-- Exercise material follows --
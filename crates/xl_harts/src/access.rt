//! Accesses.

ghost use Rattle.std.specs.Prelude.{◌≡◌, ◌^◌, ◌<◌, None, IfSome};
ghost use Rattle.xl_model.specs.declared.address.Mode.TheVariants as mode;
ghost use Rattle.xl_model.specs.Addresses.{is_canonical, page_of as page_number};
ghost use Rattle.xl_hart_model.specs.Harts.{HartsState, current_hart, hart_accessed, hart_reply};
ghost use Rattle.xl_model.specs.Mapping.{reply_by};
ghost use Rattle.xl_model.specs.Tally.{IsSmall};
ghost use Rattle.xl_model.specs.Tlb.{array_hit};
ghost use Rattle.xl_hart_model.specs.declared.hart.HartSpec.{HartSpec};
ghost use Rattle.xl_radix_walk.specs.Row.{row_table};
ghost use Rattle.xl_harts.specs.Looks.{IsAccess, IsReached, IsWalked};
ghost use Rattle.xl_model.specs.declared.leaf.Reply.TheVariants as reply;
ghost use Rattle.xl_hart_laws.specs.Laws.{IsCoherent};
ghost use Rattle.xl_harts.specs.Events.{AreServed, accesses_served, last_reply};
ghost use Rattle.xl_harts.specs.Views.{IsCurrent, IsServed};

use crate::hart::Hart;
use crate::harts::Harts;
use crate::reply::{reply_of, reply_of_word};
use xl_lackey::Access;
use xl_model::{Kind, Leaf, Mode, PageWalk, Reply, Structure, canonical, page_of};
use xl_radix_walk::RadixRow;

/// The reply by what a walk found.
fn reply_of_found(found: Option<Leaf>, page: u64, kind: Kind) -> Reply
    requires { IfSome found (IsReached page) }
    ensures is { result ≡ reply_by found page kind }
    ensures small { IsSmall result }
{
    match found {
        Some(leaf) => reply_of(leaf, page, kind),
        None => Reply::Unmapped,
    }
}

/// Replies to an access of a page that the hart's array has not, by a walk, whatever that ends
/// with.
#[inline(never)]
fn walk_any(table: &mut RadixRow<3>, hart: &mut Hart, va: u64, page: u64, kind: Kind) -> Reply
    requires served { (spec : HartSpec) × IsServed spec (row_table 3 table.old) hart.old }
    requires page { page ≡ page_number mode.Sv39 va }
    ensures { IsWalked va page kind result (row_table 3 table.old) (row_table 3 table.new) hart.old
        hart.new }
{
    let before = table.loads();
    let space = hart.space();
    match table.walk(space, page) {
        PageWalk::Small { word, .. } => {
            let loads = table.loads().wrapping_sub(before);
            hart.fill_small(page, word, loads);
            let reply = reply_of_word(word, kind);
            hart.reply(reply, va);
            reply
        }
        PageWalk::Any { walk } => {
            let loads = table.loads().wrapping_sub(before);
            hart.fill(walk.leaf, loads);
            let reply = reply_of_found(walk.leaf, page, kind);
            hart.reply(reply, va);
            reply
        }
    }
}

/// Replies to an access of a page that the hart's array has not, by a walk. Mostly the page's leaf
/// is one of 4 KiB that allows the access.
#[inline(never)]
fn walk(table: &mut RadixRow<3>, hart: &mut Hart, va: u64, page: u64, kind: Kind) -> Reply
    requires served { (spec : HartSpec) × IsServed spec (row_table 3 table.old) hart.old }
    requires page { page ≡ page_number mode.Sv39 va }
    ensures { IsWalked va page kind result (row_table 3 table.old) (row_table 3 table.new) hart.old
        hart.new }
{
    let before = table.loads();
    let space = hart.space();
    match table.walk_allowed(space, page, kind, false) {
        Some(word) => {
            let loads = table.loads().wrapping_sub(before);
            hart.fill_small(page, word, loads);
            let reply = reply_of_word(word, kind);
            hart.reply(reply, va);
            reply
        }
        None => walk_any(table, hart, va, page, kind),
    }
}

/// Replies to an access of a hart by its array, or else by a walk.
#[inline(always)]
fn serve(table: &mut RadixRow<3>, hart: &mut Hart, va: u64, kind: Kind) -> Reply
    requires { (spec : HartSpec) × IsServed spec (row_table 3 table.old) hart.old }
    ensures { IsAccess va kind result (row_table 3 table.old) (row_table 3 table.new) hart.old
        hart.new }
{
    if !canonical(Mode::Sv39, va) {
        hart.reply(Reply::NotCanonical, va);
        return Reply::NotCanonical;
    }
    let page = page_of(Mode::Sv39, va);
    match hart.look(page) {
        Some(word) => {
            let reply = reply_of_word(word, kind);
            hart.reply(reply, va);
            reply
        }
        None => walk(table, hart, va, page, kind),
    }
}

/// Serves accesses of a hart, one after another, and returns the reply to the last one; `Unmapped`
/// where there is none. All accesses are served by this one call, so that the look, which is long,
/// is inlined.
#[inline(never)]
fn serve_each(table: &mut RadixRow<3>, hart: &mut Hart, accesses: &[Access]) -> Reply
    requires { (s : HartsState) × IsCurrent s (row_table 3 table.old) hart.old }
    ensures { (s : HartsState) → IsCurrent s (row_table 3 table.old) hart.old →
        AreServed accesses.now s result (row_table 3 table.new) hart.new }
{
    let mut last = Reply::Unmapped;
    for access in accesses {
        last = serve(table, hart, access.va, access.kind);
    }
    last
}

impl Harts {
    /// Serves accesses of the current hart, one after another, and gives the reply to the last one;
    /// `Unmapped` where there is none. No access makes another hart the current one, so it is
    /// looked up once.
    fn access_each(&mut self, accesses: &[Access]) -> Reply
        ensures reply { result ≡ last_reply reply.Unmapped accesses.now self.old }
        ensures after { self.new ≡ accesses_served accesses.now self.old }
    {
        let hart = &mut self.harts[self.current as usize];
        serve_each(&mut self.table, hart, accesses)
    }

    /// Serves accesses of the current hart, one after another, as `step` serves each. Harts are
    /// coherent then, as they were.
    pub fn serve_accesses(&mut self, accesses: &[Access])
        ensures after { self.new ≡ accesses_served accesses.now self.old }
        ensures stays { IsCoherent self.new }
    {
        self.access_each(accesses);
        self.note_coherence();
    }

    /// Serves an access of the current hart.
    pub(crate) fn access(&mut self, va: u64, kind: Kind) -> Reply
        ensures reply { result ≡ hart_reply (current_hart self.old) self.old.table.leaves va kind }
        ensures after { self.new ≡ hart_accessed va kind self.old }
    {
        self.access_each(&[Access { va, kind }])
    }
}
-- Exercise material concluded --
◆ **Work to complete**
Work through the material above and count the lines that contain the word "IsReached". Only the number is to be given.

◆ **Result**
2